# Iver Johnson Issued Tools 1896



## Rusty McNickel (Apr 11, 2016)

Greeting All,

According to their 1896 & 97 catalogs and perhaps later years, IJ issued tools in a kit with each bicycle. Does anyone know specifically what tools were provided?

Thanks....


----------



## redline1968 (Apr 11, 2016)

a adjustable wrench is one of the tools.


----------



## Iverider (Apr 12, 2016)

There was a bottom bracket tool and a screwdriver as well.
I believe Ivrjhnsn has one of the bottom bracket tools. 
This is a photo he posted awhile back.



 


IJ_1915_35 by VW Sightings, on Flickr


----------



## Rusty McNickel (Apr 12, 2016)

Thanks to all responses. The list is as suspected except for the bb spanner. It likely is a later issue. There is nothing on my '96 that would interface with that.

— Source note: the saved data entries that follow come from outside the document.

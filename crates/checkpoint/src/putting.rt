//! Changes as payloads.

ghost use Rattle.std.specs.Prelude.{◌≡◌, ◌++◌, ◌∷◌, [], true, OnOk};
ghost use Rattle.voice_model.specs.Spelling.{spelling, keeps_grammar};

use change_codec::{put, size};
use std::alloc::Global;
use voice_journal::Payloads;
use voice_model::Change;
use voice_units::NoMemory;

/// Puts a change behind the payloads. A base whose size takes more than 64 bits counts as want of memory.
pub(crate) fn put_change(
    alloc: Global,
    change: &Change,
    payloads: &mut Payloads,
) -> Result<(), NoMemory>
    requires { keeps_grammar change.now ≡ true }
    ensures { OnOk result (payloads.new ≡ payloads.old ++ spelling change.now ∷ []) }
{
    let mut bytes = Vec::with_capacity(alloc, size(change) as usize)?;
    put(change, &mut bytes)?;
    let framed = 5 + bytes.len() as u64;
    if payloads.size() > u64::MAX - framed {
        return Err(NoMemory);
    }
    payloads.push(bytes)
}
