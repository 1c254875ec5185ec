//! The base, part by part.

ghost use Rattle.std.specs.Prelude.{◌≡◌, ◌++◌, ◌∷◌, [], map, true, OnOk, IfOk};
ghost use Rattle.voice_model.specs.Spelling.{spelling, keeps_grammar};
ghost use Rattle.voice_model.specs.Replay.{Rebuilt};
ghost use Rattle.voice_model.specs.Base.{base_of};
ghost use Rattle.voice_model.specs.Base as changes;
ghost use Rattle.voice_journal.specs.Readings.{framed_size};
ghost use Rattle.checkpoint.specs.Again.{ReplaysAs};
ghost use Rattle.checkpoint.specs.Compact.{head_change, CanCompact, IsCompactable, MayTake, ShowsUsed};
ghost use Rattle.checkpoint.specs.Size.{size_by_numbers, numbers_of};

use crate::blocks::{list_names, used_blocks};
use crate::files::{placed_blocks, put_files};
use crate::putting::put_change;
use crate::ropes::{put_ropes, put_rows};
use interest_table::InterestTable;
use recovery::Parts;
use rope_table::RopeTable;
use std::alloc::Global;
use voice_blocks::BlockMap;
use voice_journal::Payloads;
use voice_model::Change;
use voice_units::{Moment, NoMemory};

/// Puts the moment and the number of the next rope.
fn put_head(
    alloc: Global,
    form: u8,
    moment: Moment,
    next: u64,
    payloads: &mut Payloads,
) -> Result<(), NoMemory>
    requires { keeps_grammar (head_change form moment next) ≡ true }
    ensures { OnOk result (payloads.new ≡ payloads.old ++ spelling (head_change form moment next) ∷ []) }
{
    let change = if form == 2 {
        Change::Base2(moment, next)
    } else {
        Change::Base(moment, next)
    };
    put_change(alloc, &change, payloads)
}

/// The spelling of a durable part, change by change: the head, the blocks of each voice file, the ropes, the rows. The map may hold other blocks besides. It goes over all ropes, all rows and each block of each piece, and takes memory for the payloads and for the blocks in use.
pub fn compact(
    alloc: Global,
    form: u8,
    table: &RopeTable,
    interests: &InterestTable,
    blocks: &BlockMap,
    moment: Moment,
    next: u64,
) -> Result<Payloads, NoMemory>
    requires { IsCompactable form table.now interests.now.rows blocks.now.holders moment next }
    ensures base { (r : Rebuilt) → CanCompact form table.now interests.now.rows blocks.now.holders moment next r → IfOk result (λ payloads. payloads ≡ map spelling (base_of form r)) }
    ensures size { (r : Rebuilt) → CanCompact form table.now interests.now.rows blocks.now.holders moment next r → IfOk result (λ payloads. framed_size payloads ≡ changes.framed_size (base_of form r)) }
    ensures numbers { IfOk result (λ payloads. framed_size payloads ≡ size_by_numbers form (numbers_of table.now interests.now.rows)) }
    ensures replays { (r : Rebuilt) → CanCompact form table.now interests.now.rows blocks.now.holders moment next r → IfOk result (λ payloads. ReplaysAs form r payloads) }
{
    let noted = used_blocks(alloc, table)?;
    let names = list_names(alloc, &noted)?;
    let placed = placed_blocks(alloc, &names, blocks)?;
    let mut payloads = Payloads::new(alloc);
    put_head(alloc, form, moment, next, &mut payloads)?;
    put_files(alloc, form, &placed, &mut payloads)?;
    put_ropes(alloc, form, table, &mut payloads)?;
    put_rows(alloc, interests, &mut payloads)?;
    Ok(payloads)
}

/// The spelling of the parts of a manager, passages that are held left out, in form 2, or in form 1 where the parts are in form 1. It takes what `compact` takes.
pub fn compact_parts(alloc: Global, form: u8, parts: &Parts) -> Result<Payloads, NoMemory>
    requires shown { (r : Rebuilt) × ShowsUsed parts.now r }
    requires form { MayTake form parts.now.form }
    ensures base { (r : Rebuilt) → ShowsUsed parts.now r → IfOk result (λ payloads. payloads ≡ map spelling (base_of form r)) }
    ensures size { (r : Rebuilt) → ShowsUsed parts.now r → IfOk result (λ payloads. framed_size payloads ≡ changes.framed_size (base_of form r)) }
    ensures numbers { IfOk result (λ payloads. framed_size payloads ≡ size_by_numbers form (numbers_of parts.now.ropes parts.now.interests.rows)) }
    ensures replays { (r : Rebuilt) → ShowsUsed parts.now r → IfOk result (λ payloads. ReplaysAs form r payloads) }
{
    compact(
        alloc,
        form,
        &parts.ropes,
        &parts.interests,
        &parts.blocks,
        parts.moment,
        parts.next,
    )
}
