//! The blocks that live ropes use.

ghost use Rattle.std.specs.Prelude.{◌≡◌, ◌≤◌, ◌<◌, ◌||◌, OnOk, IfOk};
ghost use Rattle.voice_units.specs.Spots.{spots_of};
ghost use Rattle.voice_units.specs.Blocks.{BlockPair, pairs_at, has_pair, same_pair};
ghost use Rattle.std.specs.BTreeSet.{IsOrdered};
ghost use Rattle.rope_table.specs.Table.{pair_of};
ghost use Rattle.voice_model.specs.Valid.{Every};
ghost use Rattle.checkpoint.specs.Blocks.{name_cmp, is_noted, spots_in_ropes};

use rope_algebra::Pieces;
use rope_table::RopeTable;
use std::alloc::Global;
use std::collections::BTreeSet;
use voice_units::{NoMemory, RopeId};

/// A block of a voice file, by the file and then by the index.
#[derive(Clone, Copy, Debug, PartialEq, Eq, PartialOrd, Ord)]
pub(crate) struct BlockName {
    pub file: RopeId,
    pub index: u32,
}

/// Notes a block.
fn note(noted: &mut BTreeSet<BlockName>, file: RopeId, index: u32) -> Result<(), NoMemory>
    ensures { OnOk result ((pair : BlockPair) → is_noted noted.new pair ≡ (is_noted noted.old pair || same_pair (pair_of file index) pair)) }
{
    noted.insert(BlockName { file, index })?;
    Ok(())
}

/// Notes the blocks of pieces. It takes a step for each block.
fn note_pieces(noted: &mut BTreeSet<BlockName>, block: u32, pieces: &Pieces) -> Result<(), NoMemory>
    requires { 0 < block }
    ensures { OnOk result ((pair : BlockPair) → is_noted noted.new pair ≡ (is_noted noted.old pair || has_pair (pairs_at block (spots_of pieces.now)) pair)) }
{
    let _length = pieces.length();
    for k in 0..pieces.count() {
        let Some(piece) = pieces.piece(k) else {
            return Ok(());
        };
        let file = piece.file;
        let blocks = piece.blocks(block);
        for index in blocks.start..blocks.end {
            note(noted, file, index)?;
        }
    }
    Ok(())
}

/// The blocks that live ropes use, each once, by file and index. It takes a step for each block of each piece, and no more memory than the blocks.
pub(crate) fn used_blocks(alloc: Global, table: &RopeTable) -> Result<BTreeSet<BlockName>, NoMemory>
    requires { Every (λ rope. 1 ≤ rope.id) table.now.ropes }
    ensures { IfOk result (λ noted. (pair : BlockPair) → is_noted noted pair ≡ has_pair (pairs_at table.now.block (spots_in_ropes table.now.ropes)) pair) }
{
    let block = table.block();
    let mut noted = BTreeSet::new(alloc);
    let mut last = 0;
    while let Some(id) = table.after(last) {
        let Some(pieces) = table.get(id) else {
            return Ok(noted);
        };
        note_pieces(&mut noted, block, pieces)?;
        last = id.number();
    }
    Ok(noted)
}

/// The noted blocks, by file and index.
pub(crate) fn list_names(
    alloc: Global,
    noted: &BTreeSet<BlockName>,
) -> Result<Vec<BlockName>, NoMemory>
    ensures items { IfOk result (λ names. names.items ≡ noted.now.keys) }
    ensures ordered { IsOrdered name_cmp noted.now }
{
    let names: Vec<BlockName> = noted.iter().copied().collect(alloc)?;
    Ok(names)
}
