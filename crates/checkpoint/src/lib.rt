//! The base of a durable part: the changes that rebuild it, as payloads for an area of the journal.
#![tactic(auto)]

mod blocks;
mod compacting;
mod files;
mod putting;
mod ropes;
mod sizes;

pub use compacting::{compact, compact_parts};
pub use sizes::{BaseNumbers, base_size, parts_size};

In fact the exposed bb races are knurled/notched and fixed to rotate with the crank arms. 

Cheers!


----------



## filmonger (Apr 13, 2016)




----------



## locomotion (Apr 13, 2016)

yeah those are the only ones I have as well
the screwdriver, the adjustable wrench and the adjustable wrench with screwdriver
never found other ones


----------